■ **Task to complete**: Only lines with the word "nothing" belong in the answer; copy them from the records below.

(Dataset entries)
^^^^^^^^^^^^^^^^

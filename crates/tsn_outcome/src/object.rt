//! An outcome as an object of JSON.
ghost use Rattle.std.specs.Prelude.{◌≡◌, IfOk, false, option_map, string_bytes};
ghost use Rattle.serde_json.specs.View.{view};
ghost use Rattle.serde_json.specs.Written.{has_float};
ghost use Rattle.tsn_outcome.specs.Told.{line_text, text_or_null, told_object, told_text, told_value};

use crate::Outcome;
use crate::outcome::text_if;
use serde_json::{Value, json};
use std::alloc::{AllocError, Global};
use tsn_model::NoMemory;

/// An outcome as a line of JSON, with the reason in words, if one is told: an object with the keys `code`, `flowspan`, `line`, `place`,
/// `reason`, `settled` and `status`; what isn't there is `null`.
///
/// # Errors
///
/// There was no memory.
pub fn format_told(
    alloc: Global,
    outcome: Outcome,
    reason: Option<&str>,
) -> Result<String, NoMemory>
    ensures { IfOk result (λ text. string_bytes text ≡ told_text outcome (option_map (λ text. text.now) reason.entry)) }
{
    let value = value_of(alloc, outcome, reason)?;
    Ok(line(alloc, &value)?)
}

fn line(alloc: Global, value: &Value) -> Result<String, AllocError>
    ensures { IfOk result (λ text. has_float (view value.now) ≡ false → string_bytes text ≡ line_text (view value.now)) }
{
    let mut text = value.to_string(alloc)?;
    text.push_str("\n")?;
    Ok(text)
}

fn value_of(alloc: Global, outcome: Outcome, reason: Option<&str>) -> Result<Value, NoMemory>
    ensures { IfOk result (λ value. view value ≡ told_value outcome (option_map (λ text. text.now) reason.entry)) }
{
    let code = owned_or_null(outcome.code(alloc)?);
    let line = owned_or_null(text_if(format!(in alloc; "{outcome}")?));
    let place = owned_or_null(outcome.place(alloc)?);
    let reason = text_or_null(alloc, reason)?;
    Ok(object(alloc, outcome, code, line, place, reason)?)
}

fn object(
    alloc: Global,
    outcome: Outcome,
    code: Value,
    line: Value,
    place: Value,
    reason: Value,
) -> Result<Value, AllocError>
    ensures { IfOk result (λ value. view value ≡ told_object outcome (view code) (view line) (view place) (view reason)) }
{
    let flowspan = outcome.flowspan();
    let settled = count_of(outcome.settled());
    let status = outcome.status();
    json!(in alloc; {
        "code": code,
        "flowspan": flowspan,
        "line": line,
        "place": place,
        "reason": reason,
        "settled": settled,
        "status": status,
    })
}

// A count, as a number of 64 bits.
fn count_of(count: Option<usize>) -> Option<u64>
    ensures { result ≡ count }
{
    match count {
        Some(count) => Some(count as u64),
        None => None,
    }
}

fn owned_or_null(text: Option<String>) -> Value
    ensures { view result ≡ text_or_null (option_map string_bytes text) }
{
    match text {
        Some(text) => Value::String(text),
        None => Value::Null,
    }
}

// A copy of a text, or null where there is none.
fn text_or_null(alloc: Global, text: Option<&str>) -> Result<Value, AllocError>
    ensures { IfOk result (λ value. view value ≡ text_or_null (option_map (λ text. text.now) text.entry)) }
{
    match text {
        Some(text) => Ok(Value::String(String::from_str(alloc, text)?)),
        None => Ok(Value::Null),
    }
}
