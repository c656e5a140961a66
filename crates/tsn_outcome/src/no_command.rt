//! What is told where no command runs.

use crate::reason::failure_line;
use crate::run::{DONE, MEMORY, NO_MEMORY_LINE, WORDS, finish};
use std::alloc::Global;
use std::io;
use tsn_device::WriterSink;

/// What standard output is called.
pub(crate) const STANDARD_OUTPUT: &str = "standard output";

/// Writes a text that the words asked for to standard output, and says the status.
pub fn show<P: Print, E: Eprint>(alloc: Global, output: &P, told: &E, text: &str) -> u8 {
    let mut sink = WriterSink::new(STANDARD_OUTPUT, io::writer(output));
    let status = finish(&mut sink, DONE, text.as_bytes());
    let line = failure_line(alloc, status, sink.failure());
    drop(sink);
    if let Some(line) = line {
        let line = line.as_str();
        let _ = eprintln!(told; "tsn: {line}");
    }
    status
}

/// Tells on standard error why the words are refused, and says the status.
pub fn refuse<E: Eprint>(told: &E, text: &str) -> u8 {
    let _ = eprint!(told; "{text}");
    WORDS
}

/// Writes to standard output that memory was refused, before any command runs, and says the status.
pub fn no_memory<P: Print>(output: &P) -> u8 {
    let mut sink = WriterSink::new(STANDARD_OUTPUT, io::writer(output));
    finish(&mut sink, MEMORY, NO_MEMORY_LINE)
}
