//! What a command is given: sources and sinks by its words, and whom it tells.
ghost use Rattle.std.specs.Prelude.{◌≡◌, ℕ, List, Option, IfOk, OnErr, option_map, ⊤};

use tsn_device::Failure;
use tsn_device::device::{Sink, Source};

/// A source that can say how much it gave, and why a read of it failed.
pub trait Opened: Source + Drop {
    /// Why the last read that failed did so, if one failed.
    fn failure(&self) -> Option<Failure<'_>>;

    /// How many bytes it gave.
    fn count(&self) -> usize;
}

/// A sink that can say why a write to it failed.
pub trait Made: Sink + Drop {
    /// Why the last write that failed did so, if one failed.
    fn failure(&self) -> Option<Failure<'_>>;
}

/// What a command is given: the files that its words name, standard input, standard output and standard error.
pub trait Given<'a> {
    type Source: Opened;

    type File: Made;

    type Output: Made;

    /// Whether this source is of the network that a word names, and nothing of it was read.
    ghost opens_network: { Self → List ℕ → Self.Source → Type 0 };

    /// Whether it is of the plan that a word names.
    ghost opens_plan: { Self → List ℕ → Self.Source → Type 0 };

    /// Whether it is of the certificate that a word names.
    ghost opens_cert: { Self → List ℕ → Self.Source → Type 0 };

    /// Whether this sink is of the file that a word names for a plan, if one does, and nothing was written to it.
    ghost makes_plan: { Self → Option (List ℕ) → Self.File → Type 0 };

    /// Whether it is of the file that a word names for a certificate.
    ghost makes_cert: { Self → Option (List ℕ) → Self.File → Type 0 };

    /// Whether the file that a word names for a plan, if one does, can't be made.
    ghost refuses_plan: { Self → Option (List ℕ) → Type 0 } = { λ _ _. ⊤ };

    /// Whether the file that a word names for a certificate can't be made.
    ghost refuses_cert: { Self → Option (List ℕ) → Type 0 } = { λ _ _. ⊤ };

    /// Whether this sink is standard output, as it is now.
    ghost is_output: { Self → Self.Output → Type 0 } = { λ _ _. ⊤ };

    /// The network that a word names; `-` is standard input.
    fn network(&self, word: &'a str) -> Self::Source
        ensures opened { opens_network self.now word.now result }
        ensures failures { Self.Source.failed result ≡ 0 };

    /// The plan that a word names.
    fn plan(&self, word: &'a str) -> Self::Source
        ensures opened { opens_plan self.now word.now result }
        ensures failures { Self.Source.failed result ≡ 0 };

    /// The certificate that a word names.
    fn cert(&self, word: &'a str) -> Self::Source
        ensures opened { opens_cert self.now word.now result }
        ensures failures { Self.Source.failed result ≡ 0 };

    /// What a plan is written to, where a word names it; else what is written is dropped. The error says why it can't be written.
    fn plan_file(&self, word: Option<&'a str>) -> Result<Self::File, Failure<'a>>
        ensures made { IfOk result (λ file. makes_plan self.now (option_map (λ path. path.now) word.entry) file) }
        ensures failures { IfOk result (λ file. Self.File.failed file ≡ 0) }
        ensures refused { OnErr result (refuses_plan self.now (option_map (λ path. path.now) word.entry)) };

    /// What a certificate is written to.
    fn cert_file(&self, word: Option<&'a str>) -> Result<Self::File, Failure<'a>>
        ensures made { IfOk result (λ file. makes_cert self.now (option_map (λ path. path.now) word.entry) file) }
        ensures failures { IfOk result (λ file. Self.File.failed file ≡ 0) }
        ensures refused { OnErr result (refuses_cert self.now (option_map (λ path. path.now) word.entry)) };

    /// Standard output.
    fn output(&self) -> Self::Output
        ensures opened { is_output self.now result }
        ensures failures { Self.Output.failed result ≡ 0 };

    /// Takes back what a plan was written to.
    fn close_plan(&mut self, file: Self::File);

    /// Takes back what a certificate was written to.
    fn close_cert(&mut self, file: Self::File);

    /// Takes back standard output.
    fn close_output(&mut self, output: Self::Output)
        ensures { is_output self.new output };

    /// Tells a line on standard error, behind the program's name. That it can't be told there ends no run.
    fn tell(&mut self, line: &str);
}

^^^^^^^^^^^^^^^^

■ **Written reply**:
    /// Whether this source is of the network that a word names, and nothing of it was read.
    /// Whether this sink is of the file that a word names for a plan, if one does, and nothing was written to it.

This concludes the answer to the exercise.